U.S. oil production broke its 1970 record of 10 million bpd in November 2017, and has set monthly record highs for five straight months since June. The United States has become the world's leading crude producer, surpassing Russia and Saudi Arabia.
U.S. crude futures were trading around $48 a barrel on Jan. 4, putting the front-month on track to gain 5% this week on proposed trade talks between the United States and China eased some fears about a global economic slowdown.
Looking ahead, crude futures were trading around $50 a barrel for the balance of 2019 and $52 for calendar 2020. Spot crude prices at the U.S. West Texas Intermediate (WTI) benchmark averaged $65.23 in 2018.
The U.S. Energy Information Administration projected spot WTI prices would average $54.19 a barrel in 2019.
U.S. financial services firm Cowen & Co. this week said the E&P companies it tracks have provided mixed guidance for 2019 after indicating they would spend about $88.9 billion in 2018, a 23% increase over the $72.2 billion they spent in 2017.
Cowen said the firms it tracks were so far only expecting to add 11 oil and gas rigs this year.
There were 1,075 oil and natural gas rigs active in the U.S. this week, according to Baker Hughes. Most rigs produce both oil and gas.
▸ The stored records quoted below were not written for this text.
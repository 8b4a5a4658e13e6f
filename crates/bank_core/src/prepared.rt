//! An event that is answered, before the book takes its step.

ghost use Rattle.std.specs.Prelude.{◌≡◌, ◌+◌, ◌++◌, [], length};
ghost use Rattle.bank_model.specs.Rules.{named};
ghost use Rattle.bank_model.specs.SetupForm.{IsWithinLimits};
ghost use Rattle.bank_accounts.specs.HeldAccounts.{AreHeld, HaveSameNumbers};
ghost use Rattle.bank_accounts.specs.Sides.{tables_in, AreOf};
ghost use Rattle.bank_invariants.specs.SoundStates.{IsSoundState};
ghost use Rattle.bank_ledger.specs.Balanced.{AreBalanced};
ghost use Rattle.bank_core.specs.BookSides.{AreSidesOf};
ghost use Rattle.bank_core.specs.BookView.{HasRoom};
ghost use Rattle.bank_core.specs.Preparing.{prepared_after, IsPrepared};

use bank_accounts::{BookSides, Held};
use bank_invariants::laws::money::unnamed_accounts_stay;
use bank_ledger::{Additions, Ledger};
use bank_model::{Entry, Event, Setup};
use ofx_types::FileUid;
use std::alloc::Global;
use std::marker::Model;
use std::snapshot::Snapshot;

/// The bytes of a reply: those that are kept for the file, and those that are handed out.
#[derive(Drop)]
pub(crate) struct ReplyBytes {
    /// What is kept where the file has a name.
    pub(crate) kept: Vec<u8>,
    /// What is handed out.
    pub(crate) reported: Vec<u8>,
}

/// What an event answers and what it adds to the state of a book, not taken yet.
pub struct Prepared {
    setup: Snapshot<Setup>,
    before: Snapshot<Ledger>,
    event: Snapshot<Event>,
    added: Additions,
    older: Option<FileUid>,
    newer: Option<FileUid>,
    kept: Vec<u8>,
    reported: Vec<u8>,
}

impl Model for Prepared {
    ghost use Rattle.bank_core.specs.BookView.{PreparedView};
    ghost use Rattle.bank_core.specs.Preparing.{prepared_after, IsPrepared};

    ghost Value = { PreparedView };

    ghost view = { λ p. record {
      setup = p.setup.value;
      before = p.before.value.state;
      event = p.event.value;
      after = prepared_after p.before.value.state p.added p.older p.newer p.kept.items;
      reply = p.reported.items;
    } };

    ghost invariant = { λ p. IsPrepared p.setup.value p.before.value.state p.event.value p.added p.older p.newer p.kept.items };
}

impl Drop for Prepared {
    fn drop(self) {
        let Prepared {
            setup: _,
            before: _,
            event: _,
            added: _,
            older: _,
            newer: _,
            kept: _,
            reported: _,
        } = self;
    }
}

impl ReplyBytes {
    /// No reply. Takes no memory.
    pub(crate) fn none(alloc: Global) -> ReplyBytes
        ensures kept { result.kept.items ≡ [] }
        ensures reported { result.reported.items ≡ [] }
    {
        ReplyBytes {
            kept: Vec::new(alloc),
            reported: Vec::new(alloc),
        }
    }
}

impl Prepared {
    /// What an event adds to a book, with the names of the file before whose reply was received and of this file.
    pub(crate) fn new(
        setup: &Setup,
        before: &Ledger,
        event: &Event,
        added: Additions,
        older: Option<FileUid>,
        newer: Option<FileUid>,
        reply: ReplyBytes,
    ) -> Prepared
        requires { IsPrepared setup.now before.now.state event.now added older newer reply.kept.items }
        ensures { result ≡ record {
          setup = setup.now;
          before = before.now.state;
          event = event.now;
          after = prepared_after before.now.state added older newer reply.kept.items;
          reply = reply.reported.items;
        } }
    {
        Prepared {
            setup: Snapshot::of(setup),
            before: Snapshot::of(before),
            event: Snapshot::of(event),
            added,
            older,
            newer,
            kept: reply.kept,
            reported: reply.reported,
        }
    }

    /// The bytes of the reply. Takes no memory.
    pub fn reply(&self) -> &[u8]
        ensures { result.now ≡ self.now.reply }
    {
        self.reported.as_slice()
    }

    /// The entries that the event adds. Takes no memory.
    pub fn entries(&self) -> &[Entry]
        ensures { self.now.after.entries ≡ self.now.before.entries ++ result.now }
    {
        self.added.entries()
    }

    /// How many uids the event uses up.
    pub(crate) fn uid_count(&self) -> usize
        ensures { length self.now.after.used ≡ length self.now.before.used + result }
    {
        self.added.uid_count()
    }

    /// Takes the step: the ledger takes in what is added, and the accounts have their new balances, at both of their
    /// sides. Gives the bytes of the reply. Takes no memory.
    pub(crate) fn apply_step(
        self,
        ledger: &mut Ledger,
        sides: &mut BookSides,
        held: &mut Held,
    ) -> Vec<u8>
        requires within { IsWithinLimits self.setup }
        requires made { self.before ≡ ledger.old.state }
        requires room { HasRoom ledger.old.room self.before self.after }
        requires sides { AreSidesOf self.setup self.before sides.old }
        requires named { AreHeld held.old (named self.setup self.before self.event) }
        requires own { AreOf (tables_in sides.old) held.old }
        ensures window { ledger.new.window ≡ ledger.old.window }
        ensures state { ledger.new.state ≡ self.after }
        ensures sound { IsSoundState self.setup self.after }
        ensures sides { AreSidesOf self.setup self.after sides.new }
        ensures tables { tables_in sides.new ≡ tables_in sides.old }
        ensures numbers { HaveSameNumbers held.new held.old }
        ensures own { AreOf (tables_in sides.new) held.new }
        ensures balanced { AreBalanced self.setup self.after held.new }
        ensures reply { result.items ≡ self.reply }
    {
        unnamed_accounts_stay();
        sides.meet(held);
        sides.set_balances(held, self.added.balances());
        let user = self.added.user();
        let Prepared {
            setup: _,
            before: _,
            event: _,
            added,
            older,
            newer,
            kept,
            reported,
        } = self;
        ledger.take(added);
        ledger.release(user, &older);
        ledger.keep(user, newer, kept);
        reported
    }
}
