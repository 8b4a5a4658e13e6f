//! The book of the bank: what an event is answered, and the step to the next state.
//!
//! A `Book` answers an event from the accounts that are held meanwhile, and takes the step once the answer is
//! kept. Until then nothing has changed.
#![tactic(auto)]

mod ask;
mod book;
mod failed_signon;
mod opening;
mod prepared;
mod reply_bound;
mod sync;

pub use book::Book;
pub use failed_signon::denial;
pub use prepared::Prepared;
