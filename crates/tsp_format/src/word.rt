//! `Word`, the trait of values that have a word in TSPLIB 95, and `value_of`, which finds the value
//! of a word. Also which bytes are blanks, letters or part of a keyword. tsp_read cuts every text
//! by these, and `specs/Words.antt` pins them.

ghost use Rattle.std.specs.List.{find};
ghost use Rattle.std.specs.Prelude.{◌≡◌, ◌≢◌, ℕ, List, ◌↔◌, IsNone, Some};
ghost use Rattle.std.specs.Str.{bytes_eq};
ghost use Rattle.tsp_format.specs.Words.{is_blank, is_letter, is_keyword_byte};

/// A value that TSPLIB 95 has a word for.
pub trait Word: Copy + 'static {
    ghost text: { Self → List ℕ };

    ghost values: { List Self };

    /// All values that have a word, in the order of the enum.
    fn all() -> &'static [Self]
        ensures { result.now ≡ values };

    /// The word that TSPLIB 95 has for the value.
    fn word(self) -> &'static str
        ensures { result.now ≡ text self };

    ghost found: { (value : Self)
        → find (λ other. bytes_eq (text value) (text other)) values ≡ Some value };
}

/// The value with this word, byte by byte, or `None` if no value has it.
pub fn value_of<V: Word>(word: &[u8]) -> Option<V>
    ensures known { (value : V) → (result ≡ Some value) ↔ (word.now ≡ V.text value) }
    ensures unknown { IsNone result ↔ ((value : V) → word.now ≢ V.text value) }
    ensures first { result ≡ find (λ value. bytes_eq word.now (V.text value)) V.values }
{
    first_with(word, V::all())
}

/// The first of some values with this word.
fn first_with<V: Word>(word: &[u8], values: &[V]) -> Option<V>
    ensures { result ≡ find (λ value. bytes_eq word.now (V.text value)) values.now }
{
    for value in values {
        if word == value.word().as_bytes() {
            return Some(*value);
        }
    }
    None
}

// ---- which bytes are blanks, letters, and bytes of a keyword

/// Whether a byte is a blank: 9, 11, 12, 13 or 32.
pub fn is_blank(byte: u8) -> bool
    ensures { result ≡ is_blank byte }
{
    byte == 9 || byte == 11 || byte == 12 || byte == 13 || byte == 32
}

/// Whether a byte is an ASCII letter.
pub fn is_letter(byte: u8) -> bool
    ensures { result ≡ is_letter byte }
{
    (65 <= byte && byte <= 90) || (97 <= byte && byte <= 122)
}

/// Whether a byte may be part of a keyword: it isn't a blank, a byte 10 or a colon.
pub fn is_keyword_byte(byte: u8) -> bool
    ensures { result ≡ is_keyword_byte byte }
{
    !(is_blank(byte) || byte == b'\n' || byte == b':')
}
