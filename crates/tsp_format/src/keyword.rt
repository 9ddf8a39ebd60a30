//! Every keyword and section of a file, as the enum `Field`, along with the shape of what follows
//! it; and `Keyword`, which the first word of a line names. `specs/Words.antt` pins the spellings,
//! and `specs/Limits.antt` the shapes. A new field begins here (docs/ARCHITECTURE.md, "How a field
//! is added").

ghost use Rattle.std.specs.Prelude.{◌≡◌};
ghost use Rattle.tsp_format.specs.Limits.{keyword_of, field_of, known_or_not, shape_of, value_shape_of};
ghost use Rattle.tsp_format.specs.Words.{field_word, fields_in_order, field_found};
ghost use Rattle.tsp_format.specs.declared.limits.TheConstants.{MOST_NODES, MOST_DEMAND, MOST_CAPACITY, MOST_SCALE, MOST_LOAD_UNIT, MOST_POTENTIAL};

use crate::limits::{
    MOST_CAPACITY, MOST_DEMAND, MOST_LOAD_UNIT, MOST_NODES, MOST_POTENTIAL, MOST_SCALE,
};
use crate::word::{Word, value_of};
use std::fmt;

/// What the first word of a line means as a keyword.
#[derive(Clone, Copy, Debug, PartialEq, Eq)]
pub enum Keyword {
    /// A field's keyword or section, by its own word or, for fixed edges, by another one.
    Known(Field),
    /// EDGE_DATA_FORMAT, which is refused.
    EdgeDataFormat,
    /// EDGE_DATA_SECTION, which is refused.
    EdgeDataSection,
    /// The end of the file.
    Eof,
    /// Any other word.
    Unknown,
}

impl Keyword {
    /// What a word means. Upper and lower case differ.
    ///
    /// `FIXED_EDGES` and `FIXED_EDGES_SECTION` are the same section.
    pub fn of(word: &[u8]) -> Keyword
        ensures { result ≡ keyword_of word.now }
    {
        if word == b"FIXED_EDGES".as_slice() {
            Keyword::Known(Field::FixedEdgesPart)
        } else if word == b"EDGE_DATA_FORMAT".as_slice() {
            Keyword::EdgeDataFormat
        } else if word == b"EDGE_DATA_SECTION".as_slice() {
            Keyword::EdgeDataSection
        } else if word == b"EOF".as_slice() {
            Keyword::Eof
        } else {
            known_or_not(field_of(word))
        }
    }
}

/// The field with this word.
fn field_of(word: &[u8]) -> Option<Field>
    ensures { result ≡ field_of word.now }
{
    value_of(word)
}

/// The keyword of a field, if there is one.
fn known_or_not(field: Option<Field>) -> Keyword
    ensures { result ≡ known_or_not field }
{
    match field {
        None | Some(Field::OtherKey) => Keyword::Unknown,
        Some(field) => Keyword::Known(field),
    }
}

// ---- the keywords and sections of a file

/// A keyword or a section of a file, in canonical order. It is displayed as its TSPLIB word.
#[derive(Clone, Copy, Debug, PartialEq, Eq)]
pub enum Field {
    NameKey,
    TypeKey,
    CommentKey,
    /// The unknown keywords, displayed as `others`.
    OtherKey,
    DimensionKey,
    CapacityKey,
    ScaleKey,
    LoadUnitKey,
    EdgeWeightTypeKey,
    EdgeWeightFormatKey,
    NodeCoordTypeKey,
    DisplayDataTypeKey,
    NodeCoordPart,
    DisplayDataPart,
    DemandPart,
    DepotPart,
    FixedEdgesPart,
    EdgeWeightPart,
    TourPart,
    NodePotentialPart,
    RowPotentialPart,
    ColumnPotentialPart,
    FixedEdgePotentialPart,
    FamilyPart,
    MemoryPart,
    SubsetRowPart,
    BranchPart,
}

/// The shape of a section: what each of its words means.
#[derive(Clone, Copy, Debug, PartialEq, Eq)]
pub enum Shape {
    /// A whole number from `low` to `high` for each node.
    Numbers { low: i64, high: i64 },
    /// A point in the plane for each node.
    Points,
    /// A point with three coordinates for each node.
    SpacePoints,
    /// Nodes, ended by a -1.
    Depots,
    /// Pairs of nodes, ended by a -1.
    Pairs,
    /// The weights of a matrix.
    Weights,
    /// Lists of nodes, each ended by a -1.
    Tours,
    /// Pairs of nodes with a number each, ended by a -1.
    Triples,
    /// Families of sets of nodes. A -1 ends each set, another one the family, and a third one the
    /// section.
    Families,
    /// Lists of nodes, each ended by a -1. One more -1 ends the section.
    Memories,
    /// Rows of two lists of nodes, each ended by a -1. The second list may be empty. One more -1
    /// ends the section.
    SubsetRows,
    /// The steps of a tree of cases.
    Steps,
}

/// The shape of a keyword's value: what it is read as.
#[derive(Clone, Copy, Debug, PartialEq, Eq)]
pub enum ValueShape {
    /// The bytes of the value, kept as they are. The keyword may come once.
    Kept,
    /// The bytes of each value, kept as they are. The keyword may repeat.
    KeptEach,
    /// The first word, as a whole number from `low` to `high`.
    Number { low: i64, high: i64 },
    /// The first word, as one from a list of words.
    Word,
}

impl Field {
    /// Each field, in canonical order.
    pub const ALL: [Field; 27] = [
        Field::NameKey,
        Field::TypeKey,
        Field::CommentKey,
        Field::OtherKey,
        Field::DimensionKey,
        Field::CapacityKey,
        Field::ScaleKey,
        Field::LoadUnitKey,
        Field::EdgeWeightTypeKey,
        Field::EdgeWeightFormatKey,
        Field::NodeCoordTypeKey,
        Field::DisplayDataTypeKey,
        Field::NodeCoordPart,
        Field::DisplayDataPart,
        Field::DemandPart,
        Field::DepotPart,
        Field::FixedEdgesPart,
        Field::EdgeWeightPart,
        Field::TourPart,
        Field::NodePotentialPart,
        Field::RowPotentialPart,
        Field::ColumnPotentialPart,
        Field::FixedEdgePotentialPart,
        Field::FamilyPart,
        Field::MemoryPart,
        Field::SubsetRowPart,
        Field::BranchPart,
    ];

    /// The shape of a section, in a file that is spatial or isn't; `None` for a keyword.
    pub fn shape(self, spatial: bool) -> Option<Shape>
        ensures { result ≡ shape_of spatial self }
    {
        match self {
            Field::NodeCoordPart if spatial => Some(Shape::SpacePoints),
            Field::NodeCoordPart | Field::DisplayDataPart => Some(Shape::Points),
            Field::DemandPart => Some(Shape::Numbers {
                low: 0,
                high: MOST_DEMAND,
            }),
            Field::DepotPart => Some(Shape::Depots),
            Field::FixedEdgesPart => Some(Shape::Pairs),
            Field::EdgeWeightPart => Some(Shape::Weights),
            Field::TourPart => Some(Shape::Tours),
            Field::NodePotentialPart | Field::RowPotentialPart | Field::ColumnPotentialPart => {
                Some(Shape::Numbers {
                    low: -MOST_POTENTIAL,
                    high: MOST_POTENTIAL,
                })
            }
            Field::FixedEdgePotentialPart => Some(Shape::Triples),
            Field::FamilyPart => Some(Shape::Families),
            Field::MemoryPart => Some(Shape::Memories),
            Field::SubsetRowPart => Some(Shape::SubsetRows),
            Field::BranchPart => Some(Shape::Steps),
            _ => None,
        }
    }

    /// The shape of a keyword's value; `None` for a section, and for the unknown keywords.
    pub fn value_shape(self) -> Option<ValueShape>
        ensures { result ≡ value_shape_of self }
    {
        match self {
            Field::NameKey => Some(ValueShape::Kept),
            Field::CommentKey => Some(ValueShape::KeptEach),
            Field::DimensionKey => Some(ValueShape::Number {
                low: 1,
                high: i64::from(MOST_NODES),
            }),
            Field::CapacityKey => Some(ValueShape::Number {
                low: 1,
                high: MOST_CAPACITY,
            }),
            Field::ScaleKey => Some(ValueShape::Number {
                low: 1,
                high: MOST_SCALE,
            }),
            Field::LoadUnitKey => Some(ValueShape::Number {
                low: 1,
                high: MOST_LOAD_UNIT,
            }),
            Field::TypeKey
            | Field::EdgeWeightTypeKey
            | Field::EdgeWeightFormatKey
            | Field::NodeCoordTypeKey
            | Field::DisplayDataTypeKey => Some(ValueShape::Word),
            _ => None,
        }
    }
}

impl Word for Field {
    ghost text = { field_word };

    ghost values = { fields_in_order };

    ghost found = { field_found };

    fn all() -> &'static [Field] {
        &Field::ALL
    }

    fn word(self) -> &'static str {
        match self {
            Field::NameKey => "NAME",
            Field::TypeKey => "TYPE",
            Field::CommentKey => "COMMENT",
            Field::OtherKey => "others",
            Field::DimensionKey => "DIMENSION",
            Field::CapacityKey => "CAPACITY",
            Field::ScaleKey => "SCALE",
            Field::LoadUnitKey => "LOAD_UNIT",
            Field::EdgeWeightTypeKey => "EDGE_WEIGHT_TYPE",
            Field::EdgeWeightFormatKey => "EDGE_WEIGHT_FORMAT",
            Field::NodeCoordTypeKey => "NODE_COORD_TYPE",
            Field::DisplayDataTypeKey => "DISPLAY_DATA_TYPE",
            Field::NodeCoordPart => "NODE_COORD_SECTION",
            Field::DisplayDataPart => "DISPLAY_DATA_SECTION",
            Field::DemandPart => "DEMAND_SECTION",
            Field::DepotPart => "DEPOT_SECTION",
            Field::FixedEdgesPart => "FIXED_EDGES_SECTION",
            Field::EdgeWeightPart => "EDGE_WEIGHT_SECTION",
            Field::TourPart => "TOUR_SECTION",
            Field::NodePotentialPart => "NODE_POTENTIAL_SECTION",
            Field::RowPotentialPart => "ROW_POTENTIAL_SECTION",
            Field::ColumnPotentialPart => "COLUMN_POTENTIAL_SECTION",
            Field::FixedEdgePotentialPart => "FIXED_EDGE_POTENTIAL_SECTION",
            Field::FamilyPart => "COMB_SECTION",
            Field::MemoryPart => "MEMORY_SECTION",
            Field::SubsetRowPart => "SUBSET_ROW_SECTION",
            Field::BranchPart => "BRANCH_SECTION",
        }
    }
}

impl fmt::Display for Field {
    ghost use Rattle.std.specs.Prelude.{Some};

    ghost output = { λ field. Some (field_word field) };

    fn fmt<W: fmt::Write>(&self, f: &mut fmt::Formatter<W>) -> fmt::Result {
        f.write_str(self.word())
    }
}
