//! The words of TSPLIB 95 as values, the layouts of a matrix, and the limits of files.
//!
//! Nothing here needs a file: the fields of one are in tsp_file, and its text is in tsp_text.
//!
//! ```text
//! let kind: Option<Kind> = value_of(b"ATSP");
//! let place = Layout::UpperRow.place(nodes, 1, 4);
//! ```
#![tactic(auto)]

mod examples;
mod keyword;
mod kinds;
mod layout;
mod limits;
mod steps;
mod word;

pub use examples::{
    examples_of_asymmetric_costs, examples_of_bytes, examples_of_cells, examples_of_fields,
    examples_of_limits, examples_of_space, examples_of_words,
};
pub use keyword::{Field, Keyword, Shape, ValueShape};
pub use kinds::{CoordKind, DisplayKind, Kind, WeightFormat, WeightKind, is_spatial};
pub use layout::{
    Layout, cells_are_distinct, cells_are_the_listed_pairs, cells_go_line_by_line,
    only_cells_have_places,
};
pub use limits::{
    MOST_BRANCHES, MOST_CAPACITY, MOST_CHANGES, MOST_COMMENTS, MOST_COORDINATE, MOST_DEMAND,
    MOST_DEPOTS, MOST_DIFFERENCE, MOST_FAMILIES, MOST_FAMILY_NODES, MOST_FILE_BYTES, MOST_FIXED,
    MOST_KEPT_BYTES, MOST_LINE_BYTES, MOST_LOAD_UNIT, MOST_MATRIX_NODES, MOST_MULTIPLIER,
    MOST_MULTIPLIERS, MOST_NODES, MOST_OTHERS, MOST_POTENTIAL, MOST_ROWS, MOST_SCALE,
    MOST_TOUR_NODES, MOST_WEIGHT, MOST_WORD_BYTES, limits_are_those_of_the_profile,
};
pub use steps::{RowSets, TreeStep};
pub use word::{Word, is_blank, is_keyword_byte, is_letter, value_of};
Analysts at Simmons & Co., energy specialists at U.S. investment bank Piper Jaffray, this week forecast the average combined oil and gas rig count will fall to 1,001 in 2019 before rising to 1,094 in 2020—a significant decline from mid-December when they forecast 1,092 for 2019 and 1,227 for 2020.
In 2018, the combined rig count averaged 1,032, the most since 2014 when 1,862 rigs were active, according to Baker Hughes.